**INPUT FOR THIS TASK**.
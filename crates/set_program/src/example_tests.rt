//! The documents of the folder examples/, each with the answer that stands beside it there.
use crate::devices::PlainSource;
use crate::program::run;
use crate::run_tests::{all_done, good_sink};
use crate::sample_tests::words_of_line;
use crate::status::Status;
use set_document::AlgebraError;
use std::test::Fail;

const PORTS: &str = "web: 80 443 | 8000..=8099 |\nlow: 0..=1023\nopen: web low &\n";

const PORTS_ANSWER: &str =
    "web: 80..=80 443..=443 | 8000..=8099 |\nlow: 0..=1023\nopen: 80..=80 443..=443 |\n\
    # -9223372036854775808..=-1\n# 0..=79 low\n# 80..=80 low open web\n# 81..=442 low\n\
    # 443..=443 low open web\n# 444..=1023 low\n# 1024..=7999\n# 8000..=8099 web\n\
    # 8100..=9223372036854775807\n";

const HOURS: &str = "# hours of a Saturday and a Sunday, from 0 to 47\nshop: 9..=17 33..=37 |\n\
    phone: 7..=20 31..=40 |\nring: phone shop -\nnight: 0..=47 shop phone | -\n";

const HOURS_ANSWER: &str = "shop: 9..=17 33..=37 |\nphone: 7..=20 31..=40 |\n\
    ring: 7..=8 18..=20 | 31..=32 | 38..=40 |\nnight: 0..=6 21..=30 | 41..=47 |\n\
    # -9223372036854775808..=-1\n# 0..=6 night\n# 7..=8 phone ring\n# 9..=17 phone shop\n\
    # 18..=20 phone ring\n# 21..=30 night\n# 31..=32 phone ring\n# 33..=37 phone shop\n\
    # 38..=40 phone ring\n# 41..=47 night\n# 48..=9223372036854775807\n";

const ENDS: &str =
    "least: -9223372036854775808\ngreatest: 9223372036854775807\nother: least greatest | !\n";

const ENDS_ANSWER: &str = "least: -9223372036854775808..=-9223372036854775808\n\
    greatest: 9223372036854775807..=9223372036854775807\n\
    other: -9223372036854775807..=9223372036854775806\n\
    # -9223372036854775808..=-9223372036854775808 least\n\
    # -9223372036854775807..=9223372036854775806 other\n\
    # 9223372036854775807..=9223372036854775807 greatest\n";

const FIREWALL: &str =
    "# who may reach a small office: the last rule that holds an address decides\n\
    allow 192.168.0.0/16\ndeny 192.168.7.0/24\nallow 192.168.7.20-192.168.7.22\n\
    allow 203.0.113.9\ndeny 203.0.113.0/24\n";

const FIREWALL_ANSWER: &str = "0.0.0.0-192.167.255.255 none\n192.168.0.0-192.168.6.255 allow\n\
    192.168.7.0-192.168.7.19 deny\n192.168.7.20-192.168.7.22 allow\n\
    192.168.7.23-192.168.7.255 deny\n192.168.8.0-192.168.255.255 allow\n\
    192.169.0.0-203.0.112.255 none\n203.0.113.0-203.0.113.255 deny\n\
    203.0.114.0-255.255.255.255 none\nblock 192.168.0.0/22\nblock 192.168.4.0/23\n\
    block 192.168.6.0/24\nblock 192.168.7.20/31\nblock 192.168.7.22/32\n\
    block 192.168.8.0/21\nblock 192.168.16.0/20\nblock 192.168.32.0/19\n\
    block 192.168.64.0/18\nblock 192.168.128.0/17\ndead 5\n";

const FAULT: &str = "# the range in the third line is reversed\nlow: 0..=1023\nhigh: 65535..=1024\n\
    all: low high |\n";

#[test]
fn examples_are_answered(rt: HostRuntime) -> Result<(), Fail> {
    let table = [
        (PORTS, PORTS_ANSWER),
        (HOURS, HOURS_ANSWER),
        (ENDS, ENDS_ANSWER),
    ];
    all_done(&rt, rt.alloc(), table.as_slice())
}

#[test]
fn the_example_of_rules_is_answered(rt: HostRuntime) -> Result<(), Fail> {
    let alloc = rt.alloc();
    let words = words_of_line(alloc, "rules")?;
    let mut source = PlainSource::new(FIREWALL.as_bytes().to_vec(alloc)?);
    let mut sink = good_sink(alloc)?;
    assert_eq!(rt; run(alloc, &words, &mut source, &mut sink), Status::Done);
    assert_eq!(rt; sink.bytes(), FIREWALL_ANSWER.as_bytes());
    Ok(())
}

#[test]
fn the_faulty_example_ends_with_its_first_fault(rt: HostRuntime) -> Result<(), Fail> {
    let alloc = rt.alloc();
    let mut source = PlainSource::new(FAULT.as_bytes().to_vec(alloc)?);
    let mut sink = good_sink(alloc)?;
    let status = run(alloc, &[], &mut source, &mut sink);
    let fault = AlgebraError::Reversed { line: 3, word: 1 };
    assert_eq!(rt; status, Status::TextFault(fault));
    assert_eq!(rt;
        sink.bytes(),
        b"line 3, word 1: reversed range\n".as_slice()
    );
    Ok(())
}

**WORK INSTRUCTION**.
Would you reproduce the material above in full, exactly as given?

**OUTPUT OF THE TASK**.
filename crates/set_program/src/example_tests.rt
//! The documents of the folder examples/, each with the answer that stands beside it there.
use crate::devices::PlainSource;
use crate::program::run;
use crate::run_tests::{all_done, good_sink};
use crate::sample_tests::words_of_line;
use crate::status::Status;
use set_document::AlgebraError;
use std::test::Fail;

const PORTS: &str = "web: 80 443 | 8000..=8099 |\nlow: 0..=1023\nopen: web low &\n";

const PORTS_ANSWER: &str =
    "web: 80..=80 443..=443 | 8000..=8099 |\nlow: 0..=1023\nopen: 80..=80 443..=443 |\n\
    # -9223372036854775808..=-1\n# 0..=79 low\n# 80..=80 low open web\n# 81..=442 low\n\
    # 443..=443 low open web\n# 444..=1023 low\n# 1024..=7999\n# 8000..=8099 web\n\
    # 8100..=9223372036854775807\n";

const HOURS: &str = "# hours of a Saturday and a Sunday, from 0 to 47\nshop: 9..=17 33..=37 |\n\
    phone: 7..=20 31..=40 |\nring: phone shop -\nnight: 0..=47 shop phone | -\n";

const HOURS_ANSWER: &str = "shop: 9..=17 33..=37 |\nphone: 7..=20 31..=40 |\n\
    ring: 7..=8 18..=20 | 31..=32 | 38..=40 |\nnight: 0..=6 21..=30 | 41..=47 |\n\
    # -9223372036854775808..=-1\n# 0..=6 night\n# 7..=8 phone ring\n# 9..=17 phone shop\n\
    # 18..=20 phone ring\n# 21..=30 night\n# 31..=32 phone ring\n# 33..=37 phone shop\n\
    # 38..=40 phone ring\n# 41..=47 night\n# 48..=9223372036854775807\n";

const ENDS: &str =
    "least: -9223372036854775808\ngreatest: 9223372036854775807\nother: least greatest | !\n";

const ENDS_ANSWER: &str = "least: -9223372036854775808..=-9223372036854775808\n\
    greatest: 9223372036854775807..=9223372036854775807\n\
    other: -9223372036854775807..=9223372036854775806\n\
    # -9223372036854775808..=-9223372036854775808 least\n\
    # -9223372036854775807..=9223372036854775806 other\n\
    # 9223372036854775807..=9223372036854775807 greatest\n";

const FIREWALL: &str =
    "# who may reach a small office: the last rule that holds an address decides\n\
    allow 192.168.0.0/16\ndeny 192.168.7.0/24\nallow 192.168.7.20-192.168.7.22\n\
    allow 203.0.113.9\ndeny 203.0.113.0/24\n";

const FIREWALL_ANSWER: &str = "0.0.0.0-192.167.255.255 none\n192.168.0.0-192.168.6.255 allow\n\
    192.168.7.0-192.168.7.19 deny\n192.168.7.20-192.168.7.22 allow\n\
    192.168.7.23-192.168.7.255 deny\n192.168.8.0-192.168.255.255 allow\n\
    192.169.0.0-203.0.112.255 none\n203.0.113.0-203.0.113.255 deny\n\
    203.0.114.0-255.255.255.255 none\nblock 192.168.0.0/22\nblock 192.168.4.0/23\n\
    block 192.168.6.0/24\nblock 192.168.7.20/31\nblock 192.168.7.22/32\n\
    block 192.168.8.0/21\nblock 192.168.16.0/20\nblock 192.168.32.0/19\n\
    block 192.168.64.0/18\nblock 192.168.128.0/17\ndead 5\n";

const FAULT: &str = "# the range in the third line is reversed\nlow: 0..=1023\nhigh: 65535..=1024\n\
    all: low high |\n";

#[test]
fn examples_are_answered(rt: HostRuntime) -> Result<(), Fail> {
    let table = [
        (PORTS, PORTS_ANSWER),
        (HOURS, HOURS_ANSWER),
        (ENDS, ENDS_ANSWER),
    ];
    all_done(&rt, rt.alloc(), table.as_slice())
}

#[test]
fn the_example_of_rules_is_answered(rt: HostRuntime) -> Result<(), Fail> {
    let alloc = rt.alloc();
    let words = words_of_line(alloc, "rules")?;
    let mut source = PlainSource::new(FIREWALL.as_bytes().to_vec(alloc)?);
    let mut sink = good_sink(alloc)?;
    assert_eq!(rt; run(alloc, &words, &mut source, &mut sink), Status::Done);
    assert_eq!(rt; sink.bytes(), FIREWALL_ANSWER.as_bytes());
    Ok(())
}

#[test]
fn the_faulty_example_ends_with_its_first_fault(rt: HostRuntime) -> Result<(), Fail> {
    let alloc = rt.alloc();
    let mut source = PlainSource::new(FAULT.as_bytes().to_vec(alloc)?);
    let mut sink = good_sink(alloc)?;
    let status = run(alloc, &[], &mut source, &mut sink);
    let fault = AlgebraError::Reversed { line: 3, word: 1 };
    assert_eq!(rt; status, Status::TextFault(fault));
    assert_eq!(rt;
        sink.bytes(),
        b"line 3, word 1: reversed range\n".as_slice()
    );
    Ok(())
}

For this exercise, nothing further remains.